What is expected: If a line in the entries contains the word "left", list it.

[Data excerpts]
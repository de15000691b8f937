use thiserror::Error;

/// Why a stream has no further record.
#[derive(Clone, Copy, Debug, Error)]
pub enum SplitFault {
    /// A whole id stands at the place, and no group has it.
    #[error("unknown record id {id} at {at}")]
    UnknownId { id: u64, at: u64 },
    /// Fewer bytes than an id has are left at the place, or the record of a known id is not whole.
    #[error("no whole record at {at}")]
    Cut { at: u64 },
}
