ghost use Rattle.std.specs.Prelude.{◌≡◌, ◌+◌, ◌^◌, ◌<◌, ◌≤◌, ◌↔◌, ◌++◌, ◌∷◌, [], length, slice_get, IsTrue, OnOk, OnErr};

use mdf_num::{Memory, Numbers};
use std::alloc::Global;
use std::marker::Model;

/// Places of a stream. Contracts see them as the list. Those below 2^32 take 4 bytes each, and those from the first that is
/// not below it on take 8.
#[derive(Debug, Drop)]
pub(crate) struct Listed {
    short: Vec<u32>,
    long: Numbers,
}

impl Model for Listed {
    ghost use Rattle.std.specs.Prelude.{List, ℕ, ◌++◌, ◌+◌, ◌<◌, ◌^◌, length};

    ghost Value = { List ℕ };

    ghost view = { λ l. l.short.items ++ l.long };

    ghost invariant = { λ l. length l.short.items + length l.long < 2 ^ 62 };
}

impl Listed {
    /// No places. It takes no memory.
    pub(crate) fn empty(alloc: Global) -> Listed
        ensures { result ≡ [] }
    {
        Listed {
            short: Vec::new(alloc),
            long: Numbers::empty(alloc),
        }
    }

    pub(crate) fn len(&self) -> u64
        ensures len { result ≡ length self.now }
        ensures small { result < 2 ^ 62 }
    {
        self.short.len() as u64 + self.long.len()
    }

    /// Place `i`, counted from 0. None exactly at or past the end.
    pub(crate) fn get(&self, i: u64) -> Option<u64>
        ensures { result ≡ slice_get self.now i }
    {
        let short = self.short.len() as u64;
        if i < short {
            return Some(u64::from(self.short[i as usize]));
        }
        self.long.get(i - short).copied()
    }

    /// Whether one place more would make 2^62.
    fn is_full(&self) -> bool
        ensures { IsTrue result ↔ (2 ^ 62 ≤ length self.now + 1) }
    {
        self.len() >= (1 << 62) - 1
    }

    /// Adds a place at the end. After an error the places are as before.
    ///
    /// # Errors
    /// Want of memory, and 2^62 places count as it.
    pub(crate) fn push(&mut self, place: u64) -> Result<(), Memory>
        ensures ok { OnOk result (self.new ≡ self.old ++ place ∷ []) }
        ensures err { OnErr result (self.new ≡ self.old) }
    {
        if self.is_full() {
            return Err(Memory);
        }
        if place <= u32::MAX as u64 && self.long.is_empty() {
            self.short.push(place as u32)?;
            return Ok(());
        }
        self.long.push(place)
    }
}
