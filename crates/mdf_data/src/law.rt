ghost use Rattle.std.specs.Prelude.{◌≡◌, ◌≤◌, ◌∷◌, ℕ, List, [], Ok, Err, length, map, drop};
ghost use Rattle.mdf_block.specs.Refusal.{Refusal};
ghost use Rattle.mdf_data.specs.declared.known.Known.{Known};
ghost use Rattle.mdf_data.specs.declared.known.Piece.{Piece};
ghost use Rattle.mdf_data.specs.Places.{pieces, places_alone};
ghost use Rattle.mdf_data.specs.Split.{Record, IsRecordSplit, record_of, alone_at, IsRefusedAt};

/// A stream has one split into records and a rest.
pub fn record_splits_agree()
    ensures { (stream : List ℕ) (id_size : ℕ) (known : List Known) (empties : ℕ) (xs ys : List Record) (a b : List ℕ)
        → IsRecordSplit stream id_size known empties xs a → IsRecordSplit stream id_size known empties ys b → (xs ≡ ys) × (a ≡ b) }
{}

/// The records that are found in a whole stream are its split, and nothing is left.
pub fn records_are_the_split()
    ensures { (stream : List ℕ) (id_size : ℕ) (known : List Known) (found : List Piece) → 1 ≤ id_size
        → pieces stream (length stream) id_size known ≡ Ok found → IsRecordSplit stream id_size known 0 (map (record_of stream) found) [] }
{}

/// A refusal names the place where the rest of the split begins.
pub fn a_refusal_leaves_the_rest()
    ensures { (stream : List ℕ) (id_size : ℕ) (known : List Known) (refusal : Refusal) → 1 ≤ id_size
        → pieces stream (length stream) id_size known ≡ Err refusal
        → (place : ℕ) × (records : List Record) × IsRefusedAt refusal place × IsRecordSplit stream id_size known 0 records (drop place stream) }
{}

/// The records of a group that stands alone in a stream without ids, at the places that are told, are the split.
pub fn places_alone_are_the_split()
    ensures { (stream : List ℕ) (group : Known) (known : List Known) (empties : ℕ)
        → (rest : List ℕ) × IsRecordSplit stream 0 (group ∷ known) empties
        (map (alone_at stream group.size) (places_alone (length stream) empties group.size)) rest }
{}
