ghost use Rattle.std.specs.Prelude.{◌≡◌, ◌+◌, ◌^◌, ◌≤◌, ◌<◌, length, drop, All, MatchBool, OnOk};
ghost use mathlib.Core.List.{IsPrefix};
ghost use Rattle.mdf_layout.specs.Chunked.{joined, AreSealed};
ghost use Rattle.mdf_layout.specs.declared.sample.Sample.{Sample};
ghost use Rattle.mdf_layout.specs.Record.{SampleFits, encoded_size, cost_of, history_size};
ghost use Rattle.book_owned.specs.Marks.{last_mark};
ghost use Rattle.book_owned.specs.Shared.{IsShared};
ghost use Rattle.book_owned.specs.Answers.{ShowsUpto};
ghost use Rattle.book_owned.specs.Holds.{IsCounted, IsPut};
ghost use Rattle.book_owned.specs.FrontHalf.{ShowTells};

use crate::in_memory::InMemory;
use crate::{Flush, Mark, Marks, Shown};
use mdf_layout::{Sample, Samples, Shapes};
use mdf_num::Memory;
use std::sync::Wait;
use std::thread::Threads;

/// Finds room for one sample more, and for two marks: that of a hand-over on the way, and
/// that of the sample itself.
pub(crate) fn reserve<V>(front: &mut InMemory<V>) -> Result<(), Memory>
    ensures rest { front.new ≡ record front.old { history = front.new.history; marks = front.new.marks } }
    ensures history { front.new.history.items ≡ front.old.history.items }
    ensures chunks { front.new.history.chunks ≡ front.old.history.chunks }
    ensures marks { front.new.marks.items ≡ front.old.marks.items }
    ensures spare { front.old.marks.spare ≤ front.new.marks.spare }
    ensures room { OnOk result ((1 ≤ front.new.history.spare) × (2 ≤ front.new.marks.spare)) }
{
    front.history.reserve(1)?;
    front.marks.reserve(2)
}

/// Puts a sample behind the history, and its records behind the pending ones. It takes no memory.
#[inline(always)]
pub(crate) fn accept<V>(front: &mut InMemory<V>, sample: Sample)
    requires counted { IsCounted front.old }
    requires fits { SampleFits front.old.shapes sample }
    requires room { 1 ≤ front.old.history.spare }
    requires block { length front.old.block.bytes + encoded_size front.old.shapes sample ≤ front.old.block.limit }
    requires session { front.old.held + cost_of front.old.shapes sample ≤ front.old.session_limit }
    ensures put { IsPut front.old front.new sample }
{
    let size = front.block.put_sample(&front.next, &front.shapes, &sample);
    front.next.pass(&front.shapes, &sample);
    front.held += front.shapes.cost_with(&sample, size);
    front.history.put(sample);
}

/// Seals the samples before there. Where no memory is found the chunks stay.
fn seal<V>(front: &mut InMemory<V>, upto: u64)
    requires sealed { length (joined front.old.history.chunks) ≤ upto }
    requires within { upto ≤ length front.old.history.items }
    ensures rest { front.new ≡ record front.old { history = front.new.history } }
    ensures history { front.new.history.items ≡ front.old.history.items }
    ensures room { front.old.history.spare ≤ front.new.history.spare }
    ensures stay { IsPrefix front.old.history.chunks front.new.history.chunks }
    ensures upto { length (joined front.new.history.chunks) ≤ upto }
    ensures sealed { AreSealed front.new.history.chunks front.new.history.items }
    ensures few { length (joined front.new.history.chunks) < 2 ^ 64 }
{
    match front.history.seal(upto) {
        Ok(()) => {}
        Err(_) => {}
    }
}

/// Shows the chunk behind those that are shown. Answers whether there was one that found memory.
fn show_next<V: Shown, R: Threads + Wait + Sync>(history: &Samples, view: &mut V, rt: &R) -> bool
    requires shared { IsShared V.Shown view.old history.now.chunks }
    requires few { length (joined history.now.chunks) < 2 ^ 64 }
    ensures shared { IsShared V.Shown view.new history.now.chunks }
    ensures which { V.which view.new ≡ V.which view.old }
    ensures more { MatchBool result (V.count view.old < V.count view.new) (V.count view.new ≡ V.count view.old) }
    ensures within { V.count view.new ≤ length (joined history.now.chunks) }
{
    match history.chunk_from(view.shown()) {
        Some(chunk) => match view.publish(rt, chunk) {
            Ok(()) => true,
            Err(_) => false,
        },
        None => false,
    }
}

/// Shows the chunks that are not shown yet, one after the other, until one finds no memory.
fn show_all<V: Shown, R: Threads + Wait + Sync>(history: &Samples, view: &mut V, rt: &R)
    requires shared { IsShared V.Shown view.old history.now.chunks }
    requires few { length (joined history.now.chunks) < 2 ^ 64 }
    ensures shared { IsShared V.Shown view.new history.now.chunks }
    ensures which { V.which view.new ≡ V.which view.old }
    ensures more { V.count view.old ≤ V.count view.new }
{
    while show_next(history, view, rt) {}
}

/// Seals the samples before there, and publishes the chunks that are not shown yet. Where sealing or the view finds no memory
/// the view shows what it showed then.
pub(crate) fn publish<V: Shown, R: Threads + Wait + Sync>(
    front: &mut InMemory<V>,
    rt: &R,
    upto: u64,
)
    requires shared { IsShared V.Shown front.old.view front.old.history.chunks }
    requires sealed { length (joined front.old.history.chunks) ≤ upto }
    requires within { upto ≤ length front.old.history.items }
    ensures shared { IsShared V.Shown front.new.view front.new.history.chunks }
    ensures begins { IsPrefix (joined front.new.history.chunks) front.new.history.items }
    ensures upto { length (joined front.new.history.chunks) ≤ upto }
    ensures rest { front.new ≡ record front.old { history = front.new.history; view = front.new.view } }
    ensures history { front.new.history.items ≡ front.old.history.items }
    ensures room { front.old.history.spare ≤ front.new.history.spare }
    ensures which { V.which front.new.view ≡ V.which front.old.view }
    ensures count { ShowsUpto V.Shown front.old.view front.new.view upto }
{
    seal(front, upto);
    show_all(&front.history, &mut front.view, rt);
}

/// Publishes the samples before `through`, which are those that are durable, and answers how many are shown.
pub(crate) fn show<V: Shown, R: Threads + Wait + Sync>(
    front: &mut InMemory<V>,
    rt: &R,
    through: u64,
) -> Flush<V::Note>
    requires shared { IsShared V.Shown front.old.view front.old.history.chunks }
    requires sealed { length (joined front.old.history.chunks) ≤ through }
    requires within { through ≤ length front.old.history.items }
    ensures shared { IsShared V.Shown front.new.view front.new.history.chunks }
    ensures begins { IsPrefix (joined front.new.history.chunks) front.new.history.items }
    ensures upto { length (joined front.new.history.chunks) ≤ through }
    ensures rest { front.new ≡ record front.old { history = front.new.history; view = front.new.view } }
    ensures history { front.new.history.items ≡ front.old.history.items }
    ensures room { front.old.history.spare ≤ front.new.history.spare }
    ensures which { V.which front.new.view ≡ V.which front.old.view }
    ensures tells { ShowTells V.Shown front.old front.new through result }
{
    publish(front, rt, through);
    Flush::Done {
        through,
        shown: front.view.shown(),
        note: front.view.told(),
    }
}

/// How many bytes the records of these samples have.
fn size_of(shapes: &Shapes, samples: &[Sample]) -> u64
    requires fit { All (SampleFits shapes.now) samples.now }
    requires few { history_size shapes.now samples.now < 2 ^ 64 }
    ensures { result ≡ history_size shapes.now samples.now }
{
    let mut size = 0;
    for sample in samples {
        size += shapes.encoded_size(sample);
    }
    size
}

/// How many bytes the records of the samples from there on have.
pub(crate) fn size_behind<V>(front: &InMemory<V>, from: u64) -> u64
    requires counted { IsCounted front.now }
    requires within { from ≤ length front.now.history.items }
    ensures { result ≡ history_size front.now.shapes (drop from front.now.history.items) }
{
    let len = front.history.len();
    let mut size = 0;
    let mut at = from;
    while at < len {
        let part = front.history.part_from(at);
        size += size_of(&front.shapes, part);
        at += part.len() as u64;
    }
    size
}

/// The last mark.
pub(crate) fn last_mark(marks: &Marks) -> Mark
    ensures { result ≡ last_mark marks.now.items }
{
    match marks.get(marks.len().saturating_sub(1)) {
        Some(mark) => *mark,
        None => Mark {
            moment: 0,
            through: 0,
        },
    }
}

Response area:
    /// Fewer bytes than an id has are left at the place, or the record of a known id is not whole.
/// The records that are found in a whole stream are its split, and nothing is left.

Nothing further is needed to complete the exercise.